# My Surly Long Haul Trucker ...



## vja4Him (Nov 17, 2010)

Anyone else have a Surly Long Haul Trucker, or similar bicycle .... 

I just hauled another huge load on my bicycle. Picked up some more emergency survival supplies at Wal-Mart today (3 boxes of food bars - that's all they had, or I would have bought more; balloons so I could make my home-made air horn; juice that doesn't need to be refrigerated, medical supplies, and more).

Then I went grocery shopping at Cost Less and bought about $70 in food. Had quite a load, almost maxed out!


----------



## Aemilia (May 27, 2010)

vja4Him said:


> Anyone else have a Surly Long Haul Trucker, or similar bicycle ....


I don't (just a regular Trek bike), but if I had enough need to justify a bike for hauling stuff, I'd get the Big Dummy (yeah, that's really the name) or an Xtra-cycle. Just as well go all the way, NWIM? I've seen those things hauling kayaks!

If money is tight, can you find a used child trailer and convert it to a cargo trailer? (I don't know if a trailer will work for your situation.) I know GypsySue does a lot of biking - she might have some good ideas for hauling cargo.


----------



## pelenaka (Jul 22, 2011)

Can u point me in the right direction (homemade air horn). I ride just about daily in an urban setting getting ruff out here what with people texting, road work.
My ride is a department store Schwinn, cruiser style, 3 baskets, gets me where I need to go around the city.

I'd like to get into traveling out camping I'm sure that there's a word for it. 

K, now I gotta go look up this bike the Big Dummy sounds interesting.


~~ pelenaka ~~


----------



## NaeKid (Oct 17, 2008)

I used to do bicycle touring. I began riding a Norco "BigFoot" mountain-bike that was setup with a touring rack over the back wheel that held saddle-bags (panniers), I had a round bag mounted to my seat (seat-bag) and one more mounted to my handle-bars. Two water-bottles attached to the frame and an air-pump also mounted to my frame.

That bike lasted me about 8 years and around 10,000 miles. It had been repaired several times (re-welded the frame, replaced derailers, axles, hubs, etc) before it was stolen from my backyard. Still miss that bike ... 

My current bike is a mish-mash of parts that I have done some "extreme" riding on ... haven't broke it yet, but, I have just about worn it out.


----------



## PamsPride (Dec 21, 2010)

pelenaka said:


> Can u point me in the right direction (homemade air horn). I ride just about daily in an urban setting getting ruff out here what with people texting, road work.
> My ride is a department store Schwinn, cruiser style, 3 baskets, gets me where I need to go around the city.
> 
> I'd like to get into traveling out camping I'm sure that there's a word for it.
> ...


I just found a good video on how to make the homemade air horn:
How to make a homemade air horn | Video « Wonder How To

Or:
http://www.wonderhowto.com/how-to-construct-air-horn-201535/ Man! This one is loud!


----------



## pelenaka (Jul 22, 2011)

Thanks Pam, you know I need a loud horn, lol.

Went to two bike shops today in one got to touch but not ride nor sit on a Surley Pugsley. Love those tires. 
No Big Dummy.
Second shop I got to several types of bikes including a hybrid mountain bike which I enjoyed. 

No cargo trailers on the floor which was disapointing as I really want to try out some of the more specialized trailers like the bob.


~~ pelenaka ~~


----------



## pelenaka (Jul 22, 2011)

Thanks Pam, I'll give them a look. Gotta come up with something.

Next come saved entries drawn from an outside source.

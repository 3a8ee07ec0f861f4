// The numbers of transactions, ascending.
ghost use Rattle.std.specs.Prelude.{◌≡◌, [], ◌∷◌, IfOk, OnOk, OnErr};
ghost use Rattle.std.specs.List.Sorted.{IsStrictlyIncreasing};
ghost use Rattle.indexed_history.specs.Index.{GainsNumber, LosesNumber};

use cell_base::Memory;
use std::alloc::Global;
use std::marker::Model;

/// The numbers of transactions. Contracts see them as a list.
#[derive(Debug, Drop)]
pub struct Numbers {
    numbers: Vec<u32>,
}

impl Model for Numbers {
    ghost use Rattle.std.specs.Prelude.{List, ℕ};

    ghost Value = { List ℕ };

    ghost view = { λ n. n.numbers.items };
}

impl Numbers {
    /// One number.
    pub fn one(alloc: Global, number: u32) -> Result<Numbers, Memory>
        ensures { IfOk result (λ numbers. numbers ≡ number ∷ []) }
    {
        let mut numbers = Vec::new(alloc);
        numbers.push(number)?;
        Ok(Numbers { numbers })
    }

    /// The numbers.
    pub fn as_slice(&self) -> &[u32]
        ensures { result.now ≡ self.now }
    {
        self.numbers.as_slice()
    }

    /// Puts a number in its place, where it isn't there yet. Out of memory nothing changes.
    pub fn insert(&mut self, number: u32) -> Result<(), Memory>
        requires { IsStrictlyIncreasing self.old }
        ensures ascending { IsStrictlyIncreasing self.new }
        ensures ok { OnOk result (GainsNumber self.old number self.new) }
        ensures err { OnErr result (self.new ≡ self.old) }
    {
        match self.numbers.as_slice().binary_search(&number) {
            Ok(_) => Ok(()),
            Err(at) => {
                self.numbers.insert(at, number)?;
                Ok(())
            }
        }
    }

    /// Takes a number out, where it is there.
    pub fn remove(&mut self, number: u32)
        requires { IsStrictlyIncreasing self.old }
        ensures ascending { IsStrictlyIncreasing self.new }
        ensures loses { LosesNumber self.old number self.new }
    {
        match self.numbers.as_slice().binary_search(&number) {
            Ok(at) => {
                let _number = self.numbers.remove(at);
            }
            Err(_) => {}
        }
    }
}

Got to touch a Pugsley @ a bike shop today. Those tires ! That price $1599.

Also got to touch a few others at another shop hybrids including a Trec which I felt comfortable on.

No cargo trailers on the display floor unfortunetly. 
I'm rethinking the BOB trailer though. 


~~ pelenaka ~~


----------



## JustCliff (May 21, 2011)

vja4Him said:


> Anyone else have a Surly Long Haul Trucker, or similar bicycle ....
> 
> I just hauled another huge load on my bicycle. Picked up some more emergency survival supplies at Wal-Mart today (3 boxes of food bars - that's all they had, or I would have bought more; balloons so I could make my home-made air horn; juice that doesn't need to be refrigerated, medical supplies, and more).
> 
> Then I went grocery shopping at Cost Less and bought about $70 in food. Had quite a load, almost maxed out!


You didn't buy canning jars from Wal-Mart did you???


----------



## TechAdmin (Oct 1, 2008)

I love that bike. I've seen them modified with trailers and they move smoothly.


----------



## vja4Him (Nov 17, 2010)

pelenaka said:


> Can u point me in the right direction (homemade air horn). I ride just about daily in an urban setting getting ruff out here what with people texting, road work.
> My ride is a department store Schwinn, cruiser style, 3 baskets, gets me where I need to go around the city.
> 
> I'd like to get into traveling out camping I'm sure that there's a word for it.
> ...


I made my own air-horns from pill bottles, balloons and rubber bands!!! They actually work are very LOUD ... !!! You can find YouTube videos showing you how to make one.

Oh yes, you need straws. I found that the thicker straws work better. You will need to experiment yourself to find out what works best, to get the loudest sound .....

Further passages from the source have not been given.